The Ombudsman is to probe government failure to act on abandoned vehicles illegally occupying government land, 14 years since the last successful prosecution of an abandoned vehicle case.
“For years, the government departments concerned had neither removed the abandoned vehicles promptly nor taken enforcement action and effective measures proactively to deter such behaviour, thereby allowing the problem to persist,” said Ombudsman Winnie Chiu, announcing the investigation which will focus on the roles of Transport Department (TD) and Lands Department (LandsD).
“This longstanding issue has raised doubts about the adequacy and effectiveness of the related government strategies and measures,” said Chiu, pointing out the last successful prosecution for abandoning a vehicle had been in 2007.

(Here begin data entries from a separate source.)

// The classes in an order in which each stands after its supertypes.
ghost use Rattle.std.specs.Prelude.{◌≡◌, ℕ, ◌+◌, ◌<◌, ◌≤◌, [], length, IfOk, OnOk, true, false, slice_index, HoldsAt};
ghost use Rattle.std.specs.List.{AllWithin};
ghost use Rattle.ecore_meta.specs.Inheritance.{IsAcyclic};
ghost use Rattle.ecore_meta.specs.Order.{AreWithin, is_done, IsSupersFirst, IsWalk, work_left, GoesOn};

use crate::parts::Class;
use atl_base::numbers::ClassId;
use std::alloc::{AllocError, Global};

// A walk over the classes: which are done, which supertype of each is next, the path to the class at hand, and the order.
#[derive(Drop)]
struct Walk {
    done: Vec<bool>,
    next: Vec<usize>,
    path: Vec<usize>,
    order: Vec<usize>,
}

// The place from `from` on of the first supertype that is not done, or the end.
fn first_undone(supers: &[ClassId], done: &[bool], from: usize) -> usize
    requires from { from ≤ length supers.now }
    requires within { AllWithin (λ s. s.0 < length done.now) supers.now 0 (length supers.now) }
    ensures begins { from ≤ result }
    ensures ends { result ≤ length supers.now }
    ensures passed { AllWithin (λ s. is_done done.now s.0 ≡ true) supers.now from result }
    ensures undone { result < length supers.now → HoldsAt (λ s. is_done done.now s.0 ≡ false) supers.now result }
{
    for at in from..supers.len() {
        if !done[supers[at].0 as usize] {
            return at;
        }
    }
    supers.len()
}

// Goes on from the last class of the path: to its next supertype that is not done, or else the class is done.
fn step(classes: &[Class], class: usize, walk: &mut Walk) -> Result<(), AllocError>
    requires acyclic { IsAcyclic classes.now }
    requires within { AreWithin classes.now }
    requires walk { IsWalk classes.now walk.old.done.items walk.old.next.items
        walk.old.path.items walk.old.order.items }
    requires last { (k : ℕ) → k + 1 ≡ length walk.old.path.items → slice_index walk.old.path.items k ≡ class }
    requires some { 0 < length walk.old.path.items }
    ensures walk { OnOk result (IsWalk classes.now walk.new.done.items walk.new.next.items
        walk.new.path.items walk.new.order.items) }
    ensures on { OnOk result (GoesOn walk.old.done.items walk.new.done.items
        walk.old.path.items walk.new.path.items) }
    ensures less { OnOk result (work_left classes.now walk.new.done.items walk.new.path.items
        < work_left classes.now walk.old.done.items walk.old.path.items) }
{
    let supers = classes[class].supers.as_slice();
    let at = first_undone(supers, &walk.done, walk.next[class]);
    walk.next[class] = at;
    if at < supers.len() {
        walk.path.push(supers[at].0 as usize)?;
    } else {
        walk.order.push(class)?;
        walk.done[class] = true;
        walk.path.pop();
    }
    Ok(())
}

// Does a class, and before it all that it inherits from.
fn climb(classes: &[Class], class: usize, walk: &mut Walk) -> Result<(), AllocError>
    requires acyclic { IsAcyclic classes.now }
    requires within { AreWithin classes.now }
    requires class { class < length classes.now }
    requires walk { IsWalk classes.now walk.old.done.items walk.old.next.items
        walk.old.path.items walk.old.order.items }
    requires empty { walk.old.path.items ≡ [] }
    requires undone { is_done walk.old.done.items class ≡ false }
    ensures walk { OnOk result (IsWalk classes.now walk.new.done.items walk.new.next.items
        walk.new.path.items walk.new.order.items) }
    ensures empty { OnOk result (walk.new.path.items ≡ []) }
    ensures class { OnOk result (is_done walk.new.done.items class ≡ true) }
    ensures kept { OnOk result ((c : ℕ) → is_done walk.old.done.items c ≡ true
        → is_done walk.new.done.items c ≡ true) }
{
    walk.path.push(class)?;
    'climb: while let Some(&last) = walk.path.last() {
        step(classes, last, walk)?;
    }
    Ok(())
}

// The places of the classes, each after those of its supertypes.
pub(crate) fn supers_first(alloc: Global, classes: &[Class]) -> Result<Vec<usize>, AllocError>
    requires acyclic { IsAcyclic classes.now }
    requires within { AreWithin classes.now }
    ensures { IfOk result (λ order. IsSupersFirst classes.now order.items) }
{
    let count = classes.len();
    let mut walk = Walk {
        done: vec![in alloc; false; count]?,
        next: vec![in alloc; 0; count]?,
        path: Vec::new(alloc),
        order: Vec::with_capacity(alloc, count)?,
    };
    for class in 0..count {
        if !walk.done[class] {
            climb(classes, class, &mut walk)?;
        }
    }
    Ok(walk.order)
}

While both TD and LandsD have the power to demand removal of a vehicle by a specified date, and to prosecute the owner, Chiu said preliminary investigation found the departments to be ineffectual.

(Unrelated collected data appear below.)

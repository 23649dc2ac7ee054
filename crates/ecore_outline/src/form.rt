// The forms of names, prefixes and namespaces.
ghost use Rattle.std.specs.Prelude.{◌≡◌, Some};
ghost use Rattle.std.specs.List.{list_all};
ghost use Rattle.ecore_meta.specs.Names.{begins_name as begins_name_of, continues_name as continues_name_of, is_plain_name as is_plain_name_of};
ghost use Rattle.xmi_text.specs.Markup.{given as given_of};
ghost use Rattle.ecore_outline.specs.Outline.{name_of as name_of_entry};
ghost use Rattle.ecore_outline.specs.Forms.{is_name as is_name_of, is_bad_name as is_bad_name_of, has_point as has_point_of, is_prefix as is_prefix_of, is_bad_prefix as is_bad_prefix_of, is_kept_uri as is_kept_uri_of, or_name, uri_of as uri_of_entry, prefix_of as prefix_of_entry};
ghost use Rattle.ecore_outline.specs.Entries.{entry_of};

use crate::outline::Entry;
use crate::role::name_of;
use doc_text::XMI;
use xmi_text::markup::{XSI, given};

fn begins_name(b: u8) -> bool
    ensures { result ≡ begins_name_of b }
{
    matches!(b, b'A'..=b'Z') || matches!(b, b'a'..=b'z') || b == b'_' || 128 <= b
}

fn continues_name(b: u8) -> bool
    ensures { result ≡ continues_name_of b }
{
    begins_name(b) || matches!(b, b'0'..=b'9') || b == b'-' || b == b'.'
}

fn all_continue(text: &[u8]) -> bool
    ensures { result ≡ list_all continues_name_of text.now }
{
    text.iter().all(|b| continues_name(*b))
}

fn is_plain_name(text: &[u8]) -> bool
    ensures { result ≡ is_plain_name_of text.now }
{
    if text.is_empty() {
        return false;
    }
    begins_name(text[0]) && all_continue(&text[1..])
}

fn is_name(text: &str) -> bool
    ensures { result ≡ is_name_of text.now }
{
    is_plain_name(text.as_bytes()) && !(text == "xmlns")
}

/// Whether a name stands there and is none.
pub fn is_bad_name(text: &str) -> bool
    ensures { result ≡ is_bad_name_of text.now }
{
    if text.is_empty() {
        return false;
    }
    !is_name(text)
}

/// Whether a point stands in a name. No feature may have such a name.
pub fn has_point(text: &[u8]) -> bool
    ensures { result ≡ has_point_of text.now }
{
    text.iter().any(|b| *b == b'.')
}

fn is_prefix(text: &str) -> bool
    ensures { result ≡ is_prefix_of text.now }
{
    is_name(text) && !(text == "xml" || text == "xmi" || text == "xsi")
}

/// Whether a prefix stands there and is none.
pub fn is_bad_prefix(text: &str) -> bool
    ensures { result ≡ is_bad_prefix_of text.now }
{
    if text.is_empty() {
        return false;
    }
    !is_prefix(text)
}

/// Whether XMI or XSI keep a namespace for themselves.
pub fn is_kept_uri(text: &str) -> bool
    ensures { result ≡ is_kept_uri_of text.now }
{
    text == XMI || text == XSI
}

// The value of an attribute, or the name where it is not given or empty.
fn given_or_name<'a>(attribute: &str, entry: &Entry<'a>) -> &'a str
    ensures { result.now ≡ or_name (name_of_entry (entry_of entry.now)) (given_of attribute.now entry.now.element.now) }
{
    match given(attribute, entry.element) {
        Some(text) => or_else(text.as_str(), name_of(entry)),
        None => name_of(entry),
    }
}

fn or_else<'a>(text: &'a str, name: &'a str) -> &'a str
    ensures { result.now ≡ or_name name.now (Some text.now) }
{
    if text.is_empty() {
        return name;
    }
    text
}

/// The namespace of a package.
pub fn uri_of<'a>(entry: &Entry<'a>) -> &'a str
    ensures { result.now ≡ uri_of_entry (entry_of entry.now) }
{
    given_or_name("nsURI", entry)
}

/// The prefix of a package.
pub fn prefix_of<'a>(entry: &Entry<'a>) -> &'a str
    ensures { result.now ≡ prefix_of_entry (entry_of entry.now) }
{
    given_or_name("nsPrefix", entry)
}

“For cases involving abandoned vehicles on government land, LandsD often encounters difficulties in tracing the occupier or obtaining sufficient evidence to bring about prosecution even though the information on the last registered owner is available,” she says.

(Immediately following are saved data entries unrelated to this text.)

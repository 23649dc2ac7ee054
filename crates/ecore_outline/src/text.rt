// Texts of their own: of attributes, and of elements by name.
ghost use Rattle.std.specs.Prelude.{◌≡◌, IfOk, Some};
ghost use Rattle.std.specs.Option.{option_copied};
ghost use Rattle.atl_base.specs.XmlText.{IsXmlText};
ghost use Rattle.xmi_text.specs.Markup.{given as given_of, or_empty};
ghost use Rattle.ecore_outline.specs.Outline.{name_of as name_of_entry};
ghost use Rattle.ecore_outline.specs.Enumerations.{literal_text as literal_text_of};
ghost use Rattle.ecore_outline.specs.Forms.{or_name, uri_of as uri_of_entry, prefix_of as prefix_of_entry};
ghost use Rattle.ecore_outline.specs.Entries.{entry_of};

use crate::outline::Entry;
use atl_base::text::{Text, TextRefusal};
use std::alloc::{AllocError, Global};
use xmi_text::markup::given;

// A copy, and an empty text where there is none.
fn copy_of(alloc: Global, text: Option<&Text>) -> Result<Text, AllocError>
    ensures { IfOk result (λ t. t ≡ or_empty (option_copied text.entry)) }
{
    match text {
        Some(text) => text.copy(alloc),
        None => Ok(Text::new(alloc)),
    }
}

/// A text of these bytes, which are one.
pub fn text_of(alloc: Global, bytes: &[u8]) -> Result<Text, AllocError>
    requires { IsXmlText bytes.now }
    ensures { IfOk result (λ t. t ≡ bytes.now) }
{
    match Text::from_bytes(alloc, bytes) {
        Ok(text) => Ok(text),
        Err(TextRefusal::Memory) => Err(AllocError),
        Err(TextRefusal::BadByte(_)) => unreachable!(),
    }
}

/// The name of an element, and an empty text where it has none.
pub fn name_text(alloc: Global, entry: &Entry<'_>) -> Result<Text, AllocError>
    ensures { IfOk result (λ t. t ≡ name_of_entry (entry_of entry.now)) }
{
    copy_of(alloc, given("name", entry.element))
}

// A text, or the name where it is empty.
fn text_or_name(alloc: Global, text: &Text, entry: &Entry<'_>) -> Result<Text, AllocError>
    ensures { IfOk result (λ t. t ≡ or_name (name_of_entry (entry_of entry.now)) (Some text.now)) }
{
    if text.bytes().is_empty() {
        return name_text(alloc, entry);
    }
    text.copy(alloc)
}

// The value of an attribute, or the name where it is not given or empty.
fn given_or_name(alloc: Global, attribute: &str, entry: &Entry<'_>) -> Result<Text, AllocError>
    ensures { IfOk result (λ t. t ≡ or_name (name_of_entry (entry_of entry.now)) (given_of attribute.now entry.now.element.now)) }
{
    match given(attribute, entry.element) {
        Some(text) => text_or_name(alloc, text, entry),
        None => name_text(alloc, entry),
    }
}

/// The namespace of a package.
pub fn uri_text(alloc: Global, entry: &Entry<'_>) -> Result<Text, AllocError>
    ensures { IfOk result (λ t. t ≡ uri_of_entry (entry_of entry.now)) }
{
    given_or_name(alloc, "nsURI", entry)
}

/// The prefix of a package.
pub fn prefix_text(alloc: Global, entry: &Entry<'_>) -> Result<Text, AllocError>
    ensures { IfOk result (λ t. t ≡ prefix_of_entry (entry_of entry.now)) }
{
    given_or_name(alloc, "nsPrefix", entry)
}

/// The text of a literal: its own, else its name.
pub fn literal_text(alloc: Global, entry: &Entry<'_>) -> Result<Text, AllocError>
    ensures { IfOk result (λ t. t ≡ literal_text_of (entry_of entry.now)) }
{
    match given("literal", entry.element) {
        Some(text) => text.copy(alloc),
        None => name_text(alloc, entry),
    }
}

The police disbanded their own tow truck unit after a 2000 Audit Commission report recommended the money could be better spent by hiring tow trucks as needed. Police had argued that illegally dumped vehicles were “waste” rather than vehicles, and should fall under the purview of other departments.
A senior retired police officer told Transit Jam the force had effectively given up towing vehicles. “It can take years to get a vehicle removed if it’s not actually blocking a road,” he said.